Ottowa, Canada – Diablo Technologies today commented on the announcement that Netlist has filed a motion for preliminary injunction against the company and its technology partner SanDisk, in an attempt to impede the manufacture and sale of the ULLtraDIMM product.
Notably absent from Netlist’s press release is the fact that their recent motion has abandoned much of their previous positioning. Netlist has been forced to dismiss over three quarters of their asserted trade secrets and remove any claim of lost sales for the HyperCloud DIMM. Netlist’s recent amendments now limit their claims of lost sales to the NVvault, which does not even leverage the asserted IP, and the HyperVault, a product still in the early stages of development. These changes can be attributed to Netlist’s failure to substantiate claims in the so-called anonymous ‘whistleblower’ letter, on which they have based their case from the start. The request for a Preliminary Injunction will take months to resolve and Diablo will continue to deal with these baseless accusations in court.

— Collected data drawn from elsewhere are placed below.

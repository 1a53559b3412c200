//! What a disk sends next, and how that is sent to nobody: for who stands before the disk and speaks for it.

ghost use Rattle.std.specs.Prelude.{ℕ, ◌≡◌, ◌≢◌, ◌<◌, List, [], ◌∷◌, None, OnErr, OnOk, Some, true};
ghost use Rattle.disk_model.specs.declared.plan.DiskPlan.{DiskPlan};
ghost use Rattle.disk_model.specs.Chunks.{fault_of};
ghost use Rattle.disk_model.specs.Disks.{Moment, read_turn};
ghost use Rattle.disk_model.specs.Histories.{Loaded};
ghost use Rattle.disk_model.specs.Insides.{sends_of};
ghost use Rattle.disk_model.specs.Quiet.{after_next, begun_with, due_by, due_in, is_at_rest, kind_of};
ghost use Rattle.disk_model.specs.Requests.{IsCounted};
ghost use Rattle.disk_model.specs.Runs.{DiskStandsFor};
ghost use Rattle.disk_model.specs.Sendings.{answer_sent};

use super::send::{asked, moved_on, zeros};
use super::{Disk, Reading, Transfer, remove_tag};
use crate::answer::{Answer, Fault};
use crate::chunk::{asks, chunks_of, command_fault};
use crate::request::Command;
use std::alloc::{AllocError, Global};

/// The kind of a FIS that a disk sends.
#[derive(Clone, Copy, Debug, PartialEq, Eq)]
pub enum Due {
    /// Register.
    Register,
    /// DMA Setup, but for the first of a write.
    Setup,
    /// The DMA Setup with which a write starts. The disk takes memory for the bytes that are to come.
    Start,
    /// DMA Activate.
    Activate,
    /// Data.
    Data,
    /// Set Device Bits without ERR: a command ended.
    Ended,
    /// Set Device Bits with ERR: a command failed.
    Failed,
    /// PIO Setup.
    Page,
}

/// The kind of an answer's FIS.
fn due_answer(answer: Answer) -> Due
    ensures { (sectors : ℕ) (plan : DiskPlan) (old new : Moment)
        → result ≡ kind_of old new (answer_sent sectors plan answer) }
{
    match answer {
        Answer::Signature | Answer::Accepted | Answer::Finished | Answer::Refused => Due::Register,
        Answer::Ended(_) => Due::Ended,
        Answer::PageFollows => Due::Page,
        Answer::PageData(_) => Due::Data,
    }
}

/// The kind of a started read's next FIS.
fn due_reading(reading: Reading) -> Due
    requires { 0 < reading.left }
    ensures { (plan : DiskPlan) (medium : List ℕ) (m : Moment)
        → due_by m (read_turn m reading.command (sends_of plan medium reading reading.set_up)) ≡ Some result }
{
    if reading.set_up {
        Due::Data
    } else {
        Due::Setup
    }
}

impl Disk {
    /// The kind of the FIS that the disk sends next, None if it has none to send.
    pub fn due(&self) -> Option<Due>
        ensures { result ≡ due_in self.now }
    {
        match self.answers.front() {
            Some(answer) => Some(due_answer(*answer)),
            None => self.due_transfer(),
        }
    }

    fn due_transfer(&self) -> Option<Due>
        requires { self.now.now.owed ≡ [] }
        ensures { result ≡ due_in self.now }
    {
        let Transfer::Read(reading) = self.transfer else {
            return self.due_waiting();
        };
        Some(due_reading(reading))
    }

    fn due_waiting(&self) -> Option<Due>
        requires owed { self.now.now.owed ≡ [] }
        requires started { self.now.now.started ≡ None }
        ensures { result ≡ due_in self.now }
    {
        let Transfer::Write(waiting) = self.transfer else {
            return self.due_start();
        };
        if waiting.gone >= asks(&self.plan) {
            None
        } else if waiting.gone == 0 {
            Some(Due::Setup)
        } else {
            Some(Due::Activate)
        }
    }

    fn due_start(&self) -> Option<Due>
        requires owed { self.now.now.owed ≡ [] }
        requires started { self.now.now.started ≡ None }
        requires writing { self.now.now.writing ≡ None }
        ensures { result ≡ due_in self.now }
    {
        let Some(command) = self.pick() else {
            return None;
        };
        match command_fault(&self.plan, self.sectors, command) {
            Some(_) => Some(Due::Failed),
            None if command.write => Some(Due::Start),
            None => Some(due_reading(Reading {
                command,
                left: chunks_of(&self.plan, command),
                set_up: false,
            })),
        }
    }

    /// What the disk sends next is sent to nobody. That takes no memory, so a write that starts is another
    /// matter: [`Disk::start`].
    pub fn drop_next(&mut self)
        requires { due_in self.old ≢ Some Due.Start }
        ensures { self.new ≡ after_next self.old }
    {
        if self.answers.pop_front().is_none() {
            self.drop_transfer();
        }
    }

    fn drop_transfer(&mut self)
        requires owed { self.old.now.owed ≡ [] }
        requires next { due_in self.old ≢ Some Due.Start }
        ensures { self.new ≡ after_next self.old }
    {
        let Transfer::Read(reading) = self.transfer else {
            self.drop_waiting();
            return;
        };
        let tag = reading.command.tag;
        if reading.set_up && reading.left == 1 {
            self.answers.push_back_reserved(Answer::Ended(tag));
            remove_tag(&mut self.queue, tag);
            self.transfer = Transfer::Idle;
        } else {
            self.transfer = Transfer::Read(moved_on(reading));
        }
    }

    fn drop_waiting(&mut self)
        requires owed { self.old.now.owed ≡ [] }
        requires started { self.old.now.started ≡ None }
        requires next { due_in self.old ≢ Some Due.Start }
        ensures { self.new ≡ after_next self.old }
    {
        let Transfer::Write(waiting) = self.transfer else {
            self.drop_start();
            return;
        };
        if waiting.gone < asks(&self.plan) {
            self.transfer = Transfer::Write(asked(waiting.command, waiting.left, waiting.gone + 1));
        }
    }

    fn drop_start(&mut self)
        requires owed { self.old.now.owed ≡ [] }
        requires started { self.old.now.started ≡ None }
        requires writing { self.old.now.writing ≡ None }
        requires next { due_in self.old ≢ Some Due.Start }
        ensures { self.new ≡ after_next self.old }
    {
        let Some(command) = self.pick() else {
            return;
        };
        match command_fault(&self.plan, self.sectors, command) {
            Some(fault) => {
                self.queue.clear();
                self.fault = Some(fault);
            }
            None if command.write => unreachable!(),
            None => {
                let reading = Reading {
                    command,
                    left: chunks_of(&self.plan, command),
                    set_up: false,
                };
                self.transfer = Transfer::Read(moved_on(reading));
            }
        }
    }

    /// The write that starts next starts, and its DMA Setup is sent to nobody.
    pub fn start(&mut self, alloc: Global) -> Result<(), AllocError>
        requires { due_in self.old ≡ Some Due.Start }
        ensures ok { OnOk result (self.new ≡ after_next self.old) }
        ensures err { OnErr result (self.new ≡ self.old) }
    {
        self.start_write(alloc)
    }

    fn start_write(&mut self, alloc: Global) -> Result<(), AllocError>
        requires owed { self.old.now.owed ≡ [] }
        requires started { self.old.now.started ≡ None }
        requires writing { self.old.now.writing ≡ None }
        requires next { due_in self.old ≡ Some Due.Start }
        ensures ok { OnOk result (self.new ≡ after_next self.old) }
        ensures err { OnErr result (self.new ≡ self.old) }
    {
        let Some(command) = self.pick() else {
            unreachable!()
        };
        match command_fault(&self.plan, self.sectors, command) {
            None if command.write => {
                let left = chunks_of(&self.plan, command);
                self.staged = zeros(alloc, 512 * command.count)?;
                self.transfer = Transfer::Write(asked(command, left, 1));
                Ok(())
            }
            _ => unreachable!(),
        }
    }

    /// Why the disk cannot do a command, None if it can.
    pub fn fault(&self, command: Command) -> Option<Fault>
        ensures { result ≡ fault_of self.now.plan self.now.sectors command }
    {
        command_fault(&self.plan, self.sectors, command)
    }

    /// Whether nothing is queued and nothing is to be sent, and the disk takes commands. Then it stands for a new disk
    /// with its sectors, whatever it did before.
    pub fn is_at_rest(&self) -> bool
        ensures rests { result ≡ is_at_rest self.now.now }
        ensures anew { result ≡ true → DiskStandsFor self.now (Loaded self.now.now.medium ∷ []) }
    {
        self.queue.is_empty()
            && self.answers.is_empty()
            && self.fault.is_none()
            && !self.resetting
            && matches!(self.transfer, Transfer::Idle)
    }

    /// A disk at rest queues a command, and the Register FIS that answers it is sent to nobody. That takes no
    /// memory.
    pub fn begin(&mut self, command: Command)
        requires rest { is_at_rest self.old.now ≡ true }
        requires count { IsCounted command }
        ensures { self.new ≡ begun_with self.old command }
    {
        match self.queue.push(command) {
            Ok(()) => {}
            Err(_) => unreachable!(),
        }
    }
}
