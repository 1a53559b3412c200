//! What a disk sends next.

ghost use Rattle.std.specs.Prelude.{◌≡◌, ◌+◌, ◌*◌, ◌<◌, ◌≤◌, [], drop, length, replicate, true, None, IfOk, IfSome, OnErr};
ghost use Rattle.disk_model.specs.Chunks.{activations, asks_for, chunks};
ghost use Rattle.disk_model.specs.Disks.{picked};
ghost use Rattle.disk_model.specs.Insides.{Gives, HasTurn, IsTransfer, Leads, moved, sends_after, sends_of};
ghost use Rattle.disk_model.specs.declared.disk.Transfer.TheVariants.{Read};

use super::{Disk, Reading, Transfer, Waiting, remove_tag};
use crate::answer::{Answer, activate_frame, data_frame, report_frame, setup_frame};
use crate::chunk::{Chunk, asks, chunks_of, command_fault};
use crate::plan::{DiskPlan, Order};
use crate::request::Command;
use fis_view::{Frame, Stamp};
use std::alloc::{AllocError, Global};

/// The FIS that a started read sends next.
fn reading_frame(
    alloc: Global,
    plan: &DiskPlan,
    sectors: u32,
    medium: &[u8],
    reading: Reading,
    stamp: Stamp,
) -> Result<Frame, AllocError>
    requires low { 512 ≤ plan.now.chunk }
    requires high { plan.now.chunk ≤ 8192 }
    requires medium { length medium.now ≡ 512 * sectors }
    requires transfer { IsTransfer plan.now sectors (Read reading) }
    ensures leads { IfOk result (λ f. Leads
        (sends_of plan.now medium.now reading reading.set_up) f.bytes
        (sends_after plan.now medium.now reading reading.set_up)) }
    ensures stamp { IfOk result (λ f. f.stamp ≡ stamp) }
{
    let command = reading.command;
    let chunk = Chunk::at(plan, command, reading.left);
    if reading.set_up {
        let start = (command.lba as usize + chunk.from as usize) * 512;
        let end = start + chunk.count as usize * 512;
        data_frame(alloc, &medium[start..end], stamp)
    } else {
        setup_frame(
            alloc,
            command.tag,
            512 * chunk.from,
            512 * chunk.count,
            !command.write,
            plan.auto,
            stamp,
        )
    }
}

/// The FIS with which a write asks for a chunk next.
fn asking_frame(
    alloc: Global,
    plan: &DiskPlan,
    waiting: Waiting,
    stamp: Stamp,
) -> Result<Frame, AllocError>
    requires low { 512 ≤ plan.now.chunk }
    requires high { plan.now.chunk ≤ 8192 }
    requires short { waiting.command.count ≤ 65536 }
    requires some { 0 < waiting.left }
    requires among { waiting.left ≤ chunks plan.now waiting.command }
    requires more { waiting.gone < 1 + length (activations plan.now.auto) }
    ensures leads { IfOk result (λ f. Leads
        (drop waiting.gone (asks_for plan.now waiting.command waiting.left)) f.bytes
        (drop (waiting.gone + 1) (asks_for plan.now waiting.command waiting.left))) }
    ensures stamp { IfOk result (λ f. f.stamp ≡ stamp) }
{
    let command = waiting.command;
    if waiting.gone == 0 {
        let chunk = Chunk::at(plan, command, waiting.left);
        setup_frame(
            alloc,
            command.tag,
            512 * chunk.from,
            512 * chunk.count,
            !command.write,
            plan.auto,
            stamp,
        )
    } else {
        activate_frame(alloc, stamp)
    }
}

/// A write with `left` chunks left, after `gone` FISes that ask for the first of them were sent.
pub(super) fn asked(command: Command, left: u32, gone: u8) -> Waiting
    ensures { result ≡ record { command = command; left = left; gone = gone } }
{
    Waiting {
        command,
        left,
        gone,
    }
}

pub(super) fn zeros(alloc: Global, len: u32) -> Result<Vec<u8>, AllocError>
    ensures { IfOk result (λ v. v.items ≡ replicate len 0) }
{
    vec![in alloc; 0; len as usize]
}

/// The read after its next FIS, if that is not its last.
pub(super) fn moved_on(reading: Reading) -> Reading
    requires some { 0 < reading.left }
    requires more { reading.set_up ≡ true → 1 < reading.left }
    ensures { result ≡ moved reading }
{
    let Reading {
        command,
        left,
        set_up,
    } = reading;
    if set_up {
        Reading {
            command,
            left: left - 1,
            set_up: false,
        }
    } else {
        Reading {
            command,
            left,
            set_up: true,
        }
    }
}

impl Disk {
    /// The command that starts next.
    pub(super) fn pick(&self) -> Option<Command>
        ensures { result ≡ picked self.now.plan.order self.now.now.queued }
    {
        match self.plan.order {
            Order::Oldest => self.queue.first().copied(),
            Order::Newest => self.queue.last().copied(),
        }
    }

    /// Gives the oldest answer, or else what comes next.
    pub(super) fn give_answer(
        &mut self,
        alloc: Global,
        stamp: Stamp,
    ) -> Result<Option<Frame>, AllocError>
        ensures gives { IfOk result (λ out. Gives self.old out self.new) }
        ensures stamp { IfOk result (λ out. IfSome out (λ frame. frame.stamp ≡ stamp)) }
        ensures err { OnErr result (self.new ≡ self.old) }
        ensures no_memory { OnErr result (HasTurn self.old) }
    {
        match self.answers.front() {
            Some(answer) => {
                let frame = answer.frame(alloc, self.sectors, &self.plan, stamp)?;
                self.answers.pop_front();
                Ok(Some(frame))
            }
            None => self.give_transfer(alloc, stamp),
        }
    }

    /// Gives the next FIS of a started read, if no answer waits.
    fn give_transfer(&mut self, alloc: Global, stamp: Stamp) -> Result<Option<Frame>, AllocError>
        requires { self.old.now.owed ≡ [] }
        ensures gives { IfOk result (λ out. Gives self.old out self.new) }
        ensures stamp { IfOk result (λ out. IfSome out (λ frame. frame.stamp ≡ stamp)) }
        ensures err { OnErr result (self.new ≡ self.old) }
        ensures no_memory { OnErr result (HasTurn self.old) }
    {
        let Transfer::Read(reading) = self.transfer else {
            return self.give_waiting(alloc, stamp);
        };
        let tag = reading.command.tag;
        let frame = reading_frame(
            alloc,
            &self.plan,
            self.sectors,
            self.medium.as_slice(),
            reading,
            stamp,
        )?;
        if reading.set_up && reading.left == 1 {
            self.answers.push_back_reserved(Answer::Ended(tag));
            remove_tag(&mut self.queue, tag);
            self.transfer = Transfer::Idle;
            Ok(Some(frame))
        } else {
            self.transfer = Transfer::Read(moved_on(reading));
            Ok(Some(frame))
        }
    }

    /// Asks for the next chunk of a started write, if no read runs.
    fn give_waiting(&mut self, alloc: Global, stamp: Stamp) -> Result<Option<Frame>, AllocError>
        requires owed { self.old.now.owed ≡ [] }
        requires started { self.old.now.started ≡ None }
        ensures gives { IfOk result (λ out. Gives self.old out self.new) }
        ensures stamp { IfOk result (λ out. IfSome out (λ frame. frame.stamp ≡ stamp)) }
        ensures err { OnErr result (self.new ≡ self.old) }
        ensures no_memory { OnErr result (HasTurn self.old) }
    {
        let Transfer::Write(waiting) = self.transfer else {
            return self.give_start(alloc, stamp);
        };
        if waiting.gone >= asks(&self.plan) {
            return Ok(None);
        }
        let frame = asking_frame(alloc, &self.plan, waiting, stamp)?;
        self.transfer = Transfer::Write(asked(waiting.command, waiting.left, waiting.gone + 1));
        Ok(Some(frame))
    }

    /// Starts a queued command, if nothing waits and no transfer runs, and gives its first FIS.
    fn give_start(&mut self, alloc: Global, stamp: Stamp) -> Result<Option<Frame>, AllocError>
        requires owed { self.old.now.owed ≡ [] }
        requires started { self.old.now.started ≡ None }
        requires writing { self.old.now.writing ≡ None }
        ensures gives { IfOk result (λ out. Gives self.old out self.new) }
        ensures stamp { IfOk result (λ out. IfSome out (λ frame. frame.stamp ≡ stamp)) }
        ensures err { OnErr result (self.new ≡ self.old) }
        ensures no_memory { OnErr result (HasTurn self.old) }
    {
        let Some(command) = self.pick() else {
            return Ok(None);
        };
        match command_fault(&self.plan, self.sectors, command) {
            Some(fault) => {
                let frame = report_frame(alloc, fault, stamp)?;
                self.queue.clear();
                self.fault = Some(fault);
                Ok(Some(frame))
            }
            None if command.write => {
                let left = chunks_of(&self.plan, command);
                let staged = zeros(alloc, 512 * command.count)?;
                let frame = asking_frame(alloc, &self.plan, asked(command, left, 0), stamp)?;
                self.staged = staged;
                self.transfer = Transfer::Write(asked(command, left, 1));
                Ok(Some(frame))
            }
            None => {
                let reading = Reading {
                    command,
                    left: chunks_of(&self.plan, command),
                    set_up: false,
                };
                let frame = reading_frame(
                    alloc,
                    &self.plan,
                    self.sectors,
                    self.medium.as_slice(),
                    reading,
                    stamp,
                )?;
                self.transfer = Transfer::Read(moved_on(reading));
                Ok(Some(frame))
            }
        }
    }
}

“After a year of court proceedings and months of discovery, Netlist still cannot decipher how Memory Channel Storage works, much less substantiate that it infringes on any of their IP,” said Riccardo Badalone, CEO of Diablo Technologies. “Netlist indicated months ago that it would seek a Preliminary Injunction, and their long delay in doing so, as well as their continuous re-shuffling of infringement claims and trade secret assertions clearly indicate that they are losing confidence in their case. Netlist will continue in their attempt to disrupt our business and tarnish our brand in an effort to obtain a settlement as their only hope to generate a return. We view their latest move as a public relations stunt, which we will address in our existing claim against them.”
Diablo filed its defense and a counter claim against Netlist’s unfair business practices on September 25, 2014.
Diablo does not anticipate this latest development to disrupt the growing adoption of its products and technologies. The Memory Channel Storage™ (MCS™) platform is a new and innovative architecture that neither infringes upon, nor misappropriates any Netlist IP rights and makes full use of Diablo’s own IP, designs and implementations. MCS-based products and the Netlist HyperCloud, NVvault and HyperVault modules are sold in very different markets and are not interchangeable.
“Netlist has several significant competitors in the narrow NVDIMM (battery backed DRAM) market space, all of which are building similar and potentially interchangeable products,” continued Mr. Badalone. “MCS-based products are Flash-only and compete in the much larger and significantly expanding market of enterprise SSDs, where Netlist has no IP or product offerings. Preliminary Injunctions, in general, are very difficult to obtain, but we will be diligent in demonstrating that our products are non-infringing and non-competing. We will continue to press our case with full confidence in the court system.”